On chromatic number of colored mixed graphs (1508.07222v1)

Abstract: An $(m,n)$-colored mixed graph $G$ is a graph with its arcs having one of the $m$ different colors and edges having one of the $n$ different colors. A homomorphism $f$ of an $(m,n)$-colored mixed graph $G$ to an $(m,n)$-colored mixed graph $H$ is a vertex mapping such that if $uv$ is an arc (edge) of color $c$ in $G$, then $f(u)f(v)$ is an arc (edge) of color $c$ in $H$. The \textit{$(m,n)$-colored mixed chromatic number} $\chi_{(m,n)}(G)$ of an $(m,n)$-colored mixed graph $G$ is the order (number of vertices) of the smallest homomorphic image of $G$. This notion was introduced by Ne\v{s}et\v{r}il and Raspaud (2000, J. Combin. Theory, Ser. B 80, 147--155). They showed that $\chi_{(m,n)}(G) \leq k(2m+n)^{k-1}$ where $G$ is a $k$-acyclic colorable graph.
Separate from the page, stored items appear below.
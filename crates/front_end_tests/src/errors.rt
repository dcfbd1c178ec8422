//! What errors say where they are displayed.

use cob_base::limit::past;
use cob_base::{LimitKind, NoMemory, Word};
use cob_tree::{Abend, NameFault, ParseError, ParseFault, SplitFault};
use cobol_lex::{LexError, LexFault};
use cobol_read::{ReadFault, ReadRefusal};
use picture_data::PictureFault;
use ref_format::{FormatError, FormatFault};
use std::alloc::Global;
use std::fmt::Display;
use std::process::Abort;
use std::test::Fail;

const LINES: [(FormatFault, &str); 3] = [
    (FormatFault::BadIndicator(1), "a wrong indicator in line 1"),
    (FormatFault::BadByte(20), "a control character in line 20"),
    (
        FormatFault::BadContinuation(3),
        "a wrong continuation in line 3",
    ),
];

const TOKENS: [(LexFault, &str); 4] = [
    (LexFault::OpenLiteral(4), "literal without end in line 4"),
    (LexFault::BadWord(5), "bad word in line 5"),
    (LexFault::BadNumber(6), "bad number in line 6"),
    (LexFault::TooManyDigits(7), "too many digits in line 7"),
];

const NAMES: [(NameFault, &str); 8] = [
    (NameFault::Duplicate(9), "line 9: a name stands twice"),
    (NameFault::Unknown(10), "line 10: a name that nothing has"),
    (
        NameFault::Ambiguous(11),
        "line 11: a name that several have",
    ),
    (NameFault::Level(12), "line 12: a level number"),
    (NameFault::Picture(13), "line 13: a picture"),
    (NameFault::Redefines(14), "line 14: REDEFINES"),
    (NameFault::Value(15), "line 15: a value"),
    (
        NameFault::Usage(16),
        "line 16: a use that the item doesn't serve",
    ),
];

const PICTURES: [(PictureFault, &str); 3] = [
    (PictureFault::BadSymbol(1), "byte 1: no symbol of a picture"),
    (PictureFault::BadOrder(2), "byte 2: no picture goes on so"),
    (
        PictureFault::TooManyDigits(3),
        "byte 3: more than 18 digits",
    ),
];

const RUNS: [(Abend, &str); 3] = [
    (Abend::BadDigits, "bytes that aren't digits"),
    (Abend::OutOfRange, "out of range"),
    (Abend::Io(35), "file status 35"),
];

const TERMS: &str = "LIMIT TERMS COUNTED 501 LIMIT 500";

const OUT: &str = "out of memory";

fn expect<T: Display>(rt: &impl Abort, alloc: Global, rows: &[(T, &str)]) -> Result<(), Fail> {
    for (error, wanted) in rows {
        let shown = format!(in alloc; "{error}")?;
        assert_eq!(rt; shown.as_str(), *wanted);
    }
    Ok(())
}

#[test]
fn errors_are_displayed(rt: HostRuntime) -> Result<(), Fail> {
    let alloc = rt.alloc();
    expect(&rt, alloc, &LINES)?;
    expect(&rt, alloc, &TOKENS)?;
    expect(&rt, alloc, &NAMES)?;
    expect(&rt, alloc, &PICTURES)?;
    expect(&rt, alloc, &RUNS)?;
    expect(&rt, alloc, &[(NoMemory, OUT)])
}

// An error that holds another says what that says.
#[test]
fn errors_of_texts_are_displayed(rt: HostRuntime) -> Result<(), Fail> {
    let lines = [
        (
            FormatError::Fault(FormatFault::BadByte(2)),
            "a control character in line 2",
        ),
        (FormatError::NoMemory, OUT),
    ];
    expect(&rt, rt.alloc(), &lines)?;
    let tokens = [
        (LexError::Fault(LexFault::BadWord(5)), "bad word in line 5"),
        (LexError::NoMemory, OUT),
    ];
    expect(&rt, rt.alloc(), &tokens)
}

#[test]
fn errors_of_parsing_are_displayed(rt: HostRuntime) -> Result<(), Fail> {
    let limit = past(LimitKind::Terms, false, 501);
    let name = ParseFault::Name(NameFault::Level(12));
    let parsing = [
        (ParseError::Fault(ParseFault::Syntax(8)), "line 8: syntax"),
        (ParseError::Fault(name), "line 12: a level number"),
        (ParseError::Limit(limit), TERMS),
        (ParseError::NoMemory, OUT),
    ];
    expect(&rt, rt.alloc(), &parsing)
}

#[test]
fn errors_of_splitting_are_displayed(rt: HostRuntime) -> Result<(), Fail> {
    let limit = past(LimitKind::Nesting, true, 501);
    let nesting = "RESULT LIMIT NESTING COUNTED 501 LIMIT 500";
    let splitting = [
        (SplitFault::Limit(limit), nesting),
        (SplitFault::NoMemory, OUT),
    ];
    expect(&rt, rt.alloc(), &splitting)
}

#[test]
fn errors_of_reading_are_displayed(rt: HostRuntime) -> Result<(), Fail> {
    let limit = past(LimitKind::Terms, false, 501);
    let left = Word::new(b"ALTER").map(|word| ReadFault::LeftOut(word, 17));
    let left = left.unwrap_or(ReadFault::Power(0));
    let reading = [
        (ReadRefusal::Fault(left), "line 17: ALTER is left out"),
        (
            ReadRefusal::Fault(ReadFault::Power(18)),
            "line 18: ** is left out",
        ),
        (
            ReadRefusal::Fault(ReadFault::Parse(ParseFault::Syntax(8))),
            "line 8: syntax",
        ),
        (ReadRefusal::Limit(limit), TERMS),
        (ReadRefusal::NoMemory, OUT),
    ];
    expect(&rt, rt.alloc(), &reading)
}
We proved the tightness of this bound. We also showed that the acyclic chromatic number of a graph is bounded by $k^2 + k^{2 + \lceil log_{(2m+n)} log_{(2m+n)} k \rceil}$ if its $(m,n)$-colored mixed chromatic number is at most $k$. Furthermore, using probabilistic method, we showed that for graphs with maximum degree $\Delta$ its $(m,n)$-colored mixed chromatic number is at most $2(\Delta-1)^{2m+n} (2m+n)^{\Delta-1}$. In particular, the last result directly improves the upper bound $2\Delta^2 2^{\Delta}$ of oriented chromatic number of graphs with maximum degree $\Delta$, obtained by Kostochka, Sopena and Zhu (1997, J. Graph Theory 24, 331--340) to $2(\Delta-1)^2 2^{\Delta -1}$. We also show that there exists a graph with maximum degree $\Delta$ and $(m,n)$-colored mixed chromatic number at least $(2m+n)^{\Delta / 2}$.